**What you have to do:**
If a line in the records below contains the word "LacksVersion", return that line.

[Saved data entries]
━━━━━━━━

//! Bytes are read as a version.
ghost use Rattle.std.specs.Prelude.{◌≡◌, ◌≢◌, ◌↔◌, ◌+◌, ◌≤◌, [], ◌∷◌, ◌++◌, Some, IfErr, IfOk, IsTrue, OnErr, OnOk, drop, length, take, true};
ghost use Rattle.std.specs.FinMap as finite;
ghost use Rattle.sha2.specs.Sha256.{sha256};
ghost use Rattle.rart_below.specs.Bytes.{IsAdmitted};
ghost use Rattle.rart_below.specs.Clones.{ClonesEqual};
ghost use Rattle.rart_maps.specs.Pairs.{pairs};
ghost use Rattle.rart_maps.specs.Versions.{HasRoom, has_no_key, with_key};
ghost use Rattle.rart_saved.specs.Forms.{entries, entry, saved};
ghost use Rattle.rart_saved.specs.Keys.{IsNext};
ghost use Rattle.rart_saved.specs.Loads.{GivesBack, GivesBackWithin, HasKeysWithin, LacksPair, LacksPairs, LacksVersion};
ghost use Rattle.rart_saved.specs.Parts.{HasPart};
ghost use Rattle.rart_saved.specs.Refusals.{OnErrWithin, PointsInto};

use crate::entries::take_entry;
use crate::error::LoadError;
use crate::head::{head_of, take_head};
use crate::numbers::number_at;
use crate::value::SavedValue;
use rart_versioned::{KeyTrait, VersionedAdaptiveRadixTree};
use sha2::{Digest, Sha256};
use std::alloc::{AllocError, Global};

/// The version whose form these bytes are. All others are refused.
///
/// ```
/// let prices: VersionedAdaptiveRadixTree<VectorKey, u64> = load_slice(alloc, bytes)?;
/// ```
///
/// `Memory` comes where memory was refused, and any other error where the bytes are no version's
/// whose keys this key type admits. A length in the bytes is never believed: what is asked of
/// memory grows as bytes come.
pub fn load_slice<K: KeyTrait, V: SavedValue>(
    alloc: Global,
    bytes: &[u8],
) -> Result<VersionedAdaptiveRadixTree<K, V>, LoadError>
    requires clones { ClonesEqual V.is_clone }
    ensures read { IfOk result (λ tree. bytes.now ≡ saved V.written V.KIND tree) }
    ensures gives_back { GivesBack V.written V.KIND K.MAXIMUM_SIZE result bytes.now }
    ensures points { IfErr result (PointsInto bytes.now) }
{
    match read_version(alloc, bytes, None) {
        Ok((tree, _count)) => Ok(tree),
        Err(error) => Err(error),
    }
}

/// As `load_slice`, where no key is longer than a limit, and gives how many keys there are too.
///
/// ```
/// let (prices, count) = load_slice_within::<VectorKey, u64>(alloc, bytes, 64)?;
/// ```
///
/// `TooLong` comes at the first key that is longer: of a version's bytes no other error does but
/// `Memory`. So what is read of a stranger's bytes takes stack by the limit alone.
pub fn load_slice_within<K: KeyTrait, V: SavedValue>(
    alloc: Global,
    bytes: &[u8],
    longest: usize,
) -> Result<(VersionedAdaptiveRadixTree<K, V>, u64), LoadError>
    requires clones { ClonesEqual V.is_clone }
    ensures read { IfOk result (λ found. bytes.now ≡ saved V.written V.KIND found.0) }
    ensures count { IfOk result (λ found. found.1 ≡ finite.len found.0.content) }
    ensures short { IfOk result (λ found. HasKeysWithin (Some longest) found.0) }
    ensures gives_back { GivesBackWithin V.written V.KIND (Some longest) K.MAXIMUM_SIZE result
        bytes.now }
    ensures points { IfErr result (PointsInto bytes.now) }
{
    read_version(alloc, bytes, Some(longest))
}

/// The same, where there is a limit. Refused for another reason than memory, the bytes are no such
/// version's.
fn read_version<K: KeyTrait, V: SavedValue>(
    alloc: Global,
    bytes: &[u8],
    longest: Option<usize>,
) -> Result<(VersionedAdaptiveRadixTree<K, V>, u64), LoadError>
    requires clones { ClonesEqual V.is_clone }
    ensures read { IfOk result (λ found. bytes.now ≡ saved V.written V.KIND found.0) }
    ensures count { IfOk result (λ found. found.1 ≡ finite.len found.0.content) }
    ensures short { IfOk result (λ found. HasKeysWithin longest found.0) }
    ensures refused { OnErrWithin longest K.MAXIMUM_SIZE result
        (λ most. LacksVersion V.written V.KIND most bytes.now) }
    ensures points { IfErr result (PointsInto bytes.now) }
{
    let at = take_head(bytes, &head_of(V::KIND))?;
    let (number, at) = number_at(bytes, at)?;
    let (count, from) = number_at(bytes, at)?;
    if count > number {
        return Err(LoadError::Malformed { at });
    }
    let mut tree = VersionedAdaptiveRadixTree::new_at(alloc, number - count);
    let end = take_pairs(alloc, bytes, from, count, longest, &mut tree)?;
    check_sum(bytes, end)?;
    Ok((tree, count))
}

/// Puts so many pairs, whose forms begin at an offset, into an empty tree, and gives the offset
/// behind them.
fn take_pairs<K: KeyTrait, V: SavedValue>(
    alloc: Global,
    bytes: &[u8],
    at: usize,
    count: u64,
    longest: Option<usize>,
    tree: &mut VersionedAdaptiveRadixTree<K, V>,
) -> Result<usize, LoadError>
    requires clones { ClonesEqual V.is_clone }
    requires inside { at ≤ length bytes.now }
    requires room { HasRoom tree.old count }
    requires empty { tree.old.content ≡ finite.empty }
    ensures read { IfOk result (λ end. HasPart bytes.now at
        (entries V.written [] (pairs tree.new.content)) end) }
    ensures count { OnOk result (finite.len tree.new.content ≡ count) }
    ensures number { OnOk result (tree.new.number ≡ tree.old.number + count) }
    ensures short { OnOk result (HasKeysWithin longest tree.new) }
    ensures refused { OnErrWithin longest K.MAXIMUM_SIZE result
        (λ most. LacksPairs V.written most count (drop at bytes.now)) }
    ensures points { IfErr result (PointsInto bytes.now) }
{
    let mut key = Vec::new(alloc);
    let mut end = at;
    'taking: for _done in 0..count {
        end = take_pair(alloc, bytes, end, longest, &mut key, tree)?;
    }
    Ok(end)
}

/// Puts the pair whose form begins at an offset into the tree, its key into the one before, and
/// gives the offset behind it.
fn take_pair<K: KeyTrait, V: SavedValue>(
    alloc: Global,
    bytes: &[u8],
    at: usize,
    longest: Option<usize>,
    key: &mut Vec<u8>,
    tree: &mut VersionedAdaptiveRadixTree<K, V>,
) -> Result<usize, LoadError>
    requires clones { ClonesEqual V.is_clone }
    requires inside { at ≤ length bytes.now }
    requires room { HasRoom tree.old 1 }
    requires first { has_no_key tree.old ≡ true → key.old.items ≡ [] }
    ensures read { IfOk result (λ end. (x : V)
        × HasPart bytes.now at (entry V.written key.old.items (key.new.items, x)) end
        × (tree.new ≡ with_key tree.old key.new.items x 1)) }
    ensures next { OnOk result (IsNext (has_no_key tree.old) key.old.items key.new.items) }
    ensures short { OnOk result (IsAdmitted longest (length key.new.items)) }
    ensures refused { OnErrWithin longest K.MAXIMUM_SIZE result
        (λ most. LacksPair V.written most (has_no_key tree.old) key.old.items
        (drop at bytes.now)) }
    ensures points { IfErr result (PointsInto bytes.now) }
{
    let (value, end) = take_entry::<K, V>(alloc, bytes, at, longest, tree.is_empty(), key)?;
    tree.insert_bytes(key.as_slice(), value)?;
    Ok(end)
}

/// Puts one more behind the others.
pub(crate) fn push_one<T: Drop>(list: &mut Vec<T>, one: T) -> Result<(), AllocError>
    ensures { OnOk result (list.new.items ≡ list.old.items ++ one ∷ []) }
{
    list.push(one)?;
    Ok(())
}

/// Whether the bytes end with the sum of those before an offset, from there on.
pub(crate) fn check_sum(bytes: &[u8], at: usize) -> Result<(), LoadError>
    requires { at ≤ length bytes.now }
    ensures read { OnOk result (drop at bytes.now ≡ sha256 (take at bytes.now)) }
    ensures refused { OnErr result (drop at bytes.now ≢ sha256 (take at bytes.now)) }
    ensures points { IfErr result (PointsInto bytes.now) }
{
    let rest = &bytes[at..];
    if is_sum(rest, &bytes[..at]) {
        return Ok(());
    }
    if rest.len() < 32 {
        return Err(LoadError::Truncated);
    }
    if rest.len() > 32 {
        return Err(LoadError::Malformed { at: at + 32 });
    }
    Err(LoadError::Checksum)
}

/// Whether these bytes are the sum of those.
fn is_sum(sum: &[u8], bytes: &[u8]) -> bool
    ensures { IsTrue result ↔ (sum.now ≡ sha256 bytes.now) }
{
    let wanted = Sha256::digest(bytes);
    sum == wanted.as_slice()
}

━━━━━━━━

**Answer area:**
ghost use Rattle.rart_saved.specs.Loads.{GivesBack, GivesBackWithin, HasKeysWithin, LacksPair, LacksPairs, LacksVersion};
        (λ most. LacksVersion V.written V.KIND most bytes.now) }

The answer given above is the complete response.